= Exercise instructions =
Please return all lines of the data below containing the string "length".

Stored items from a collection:
· · · · ·
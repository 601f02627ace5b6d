//! How a list of texts changed.
ghost use Rattle.std.specs.Prelude.{◌≡◌, ◌++◌, OnOk, Some, length, option_map, slice_get};
ghost use Rattle.std.specs.String.{string_bytes};
ghost use Rattle.x10_moments.specs.Changes.{bytes_of, change_text, entries, entry_if, was};

use std::alloc::AllocError;
use std::fmt::Write;

/// How a list changed, each of whose texts is a value of JSON: how many there are now, and with their numbers from 0 those that are
/// new or other than before. Linear in the texts.
pub(crate) fn push_change(
    text: &mut String,
    old: &[String],
    new: &[String],
) -> Result<(), AllocError>
    ensures { OnOk result (string_bytes text.new
        ≡ string_bytes text.old ++ change_text (bytes_of old.now) (bytes_of new.now)) }
{
    let count = new.len();
    write!(text, "[{count}")?;
    push_entries(text, old, new)?;
    text.push_str("]")
}

/// The elements that are new or other than before.
fn push_entries(text: &mut String, old: &[String], new: &[String]) -> Result<(), AllocError>
    ensures { OnOk result (string_bytes text.new
        ≡ string_bytes text.old
        ++ entries (bytes_of old.now) (bytes_of new.now) (length new.now)) }
{
    for i in 0..new.len() {
        push_entry(text, old, i, &new[i])?;
    }
    Ok(())
}

/// An element, unless it was the same before.
fn push_entry(text: &mut String, old: &[String], i: usize, new: &str) -> Result<(), AllocError>
    ensures { OnOk result (string_bytes text.new
        ≡ string_bytes text.old
        ++ entry_if (slice_get (bytes_of old.now) i) i (Some new.now)) }
{
    if is_same(old.get(i), new) {
        return Ok(());
    }
    write!(text, ",[{i},{new}]")
}

/// Whether an element was there before, and was this text.
fn is_same(old: Option<&String>, new: &str) -> bool
    ensures { result ≡ was (option_map (λ s. string_bytes s.now) old.entry) new.now }
{
    match old {
        Some(old) => old.as_str() == new,
        None => false,
    }
}
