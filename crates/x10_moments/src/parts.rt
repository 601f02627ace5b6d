//! How what a place shows changed.
ghost use Rattle.std.specs.Prelude.{◌≡◌, ◌<◌, ◌++◌, OnOk, Some, length, map, slice_set};
ghost use Rattle.std.specs.String.{string_bytes};
ghost use Rattle.x10_moments.specs.Changes.{bytes_of};
ghost use Rattle.x10_moments.specs.Moments.{changed_text, list_text, nothing, one_text, parts_text, place_text, shown_by};

use crate::changes::push_change;
use std::alloc::{AllocError, Global};
use std::fmt::Write;
use x10_states::Parts;

/// What a place shows that isn't known yet.
pub(crate) fn no_parts(alloc: Global) -> Parts
    ensures { shown_by result ≡ nothing }
{
    Parts {
        stays: Vec::new(alloc),
        objects: Vec::new(alloc),
        rails: Vec::new(alloc),
        texts: Vec::new(alloc),
        exports: Vec::new(alloc),
        lines: Vec::new(alloc),
    }
}

/// A list of what a place shows, by its name.
#[tactic(auto, unfolding(crate::specs::Moments::list_text))]
fn push_list(
    text: &mut String,
    name: &str,
    old: &Vec<String>,
    new: &Vec<String>,
) -> Result<(), AllocError>
    ensures { OnOk result (string_bytes text.new ≡ string_bytes text.old
        ++ list_text name.now (bytes_of old.now.items) (bytes_of new.now.items)) }
{
    text.push_str(name)?;
    push_change(text, old, new)
}

/// How what a place shows changed: each of its lists.
#[tactic(auto, unfolding(crate::specs::Moments::parts_text))]
fn push_parts(text: &mut String, old: &Parts, new: &Parts) -> Result<(), AllocError>
    ensures { OnOk result (string_bytes text.new ≡ string_bytes text.old
        ++ parts_text (shown_by old.now) (shown_by new.now)) }
{
    push_list(text, "{\"stays\":", &old.stays, &new.stays)?;
    push_list(text, ",\"objects\":", &old.objects, &new.objects)?;
    push_list(text, ",\"rails\":", &old.rails, &new.rails)?;
    push_list(text, ",\"texts\":", &old.texts, &new.texts)?;
    push_list(text, ",\"exports\":", &old.exports, &new.exports)?;
    push_list(text, ",\"lines\":", &old.lines, &new.lines)?;
    text.push_str("}")?;
    Ok(())
}

/// A place, and how what it shows changed.
#[tactic(auto, unfolding(crate::specs::Moments::place_text))]
pub(crate) fn push_place(
    text: &mut String,
    id: u16,
    old: &Parts,
    new: &Parts,
) -> Result<(), AllocError>
    ensures { OnOk result (string_bytes text.new ≡ string_bytes text.old
        ++ place_text id (shown_by old.now) (shown_by new.now)) }
{
    write!(text, "[{id},")?;
    push_parts(text, old, new)?;
    text.push_str("]")
}

/// A place, and how what it shows changed, as a list.
#[tactic(auto, unfolding(crate::specs::Moments::one_text))]
fn push_one(text: &mut String, id: u16, old: &Parts, new: &Parts) -> Result<(), AllocError>
    ensures { OnOk result (string_bytes text.new ≡ string_bytes text.old
        ++ one_text id (shown_by old.now) (shown_by new.now)) }
{
    text.push_str("[")?;
    push_place(text, id, old, new)?;
    text.push_str("]")
}

/// The same of a place whose new parts are kept then.
pub(crate) fn push_changed_place(
    text: &mut String,
    places: &mut Vec<Parts>,
    id: u16,
    parts: Parts,
) -> Result<(), AllocError>
    requires { id < length places.old.items }
    ensures text { OnOk result (string_bytes text.new ≡ string_bytes text.old
        ++ changed_text (Some id) (map shown_by places.old.items)
        (map shown_by places.new.items)) }
    ensures places { OnOk result (places.new.items ≡ slice_set places.old.items id parts) }
{
    let at = usize::from(id);
    push_one(text, id, &places[at], &parts)?;
    places[at] = parts;
    Ok(())
}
· · · · ·
= Finished task =
ghost use Rattle.std.specs.Prelude.{◌≡◌, ◌++◌, OnOk, Some, length, option_map, slice_get};
        ++ entries (bytes_of old.now) (bytes_of new.now) (length new.now)) }
ghost use Rattle.std.specs.Prelude.{◌≡◌, ◌<◌, ◌++◌, OnOk, Some, length, map, slice_set};
    requires { id < length places.old.items }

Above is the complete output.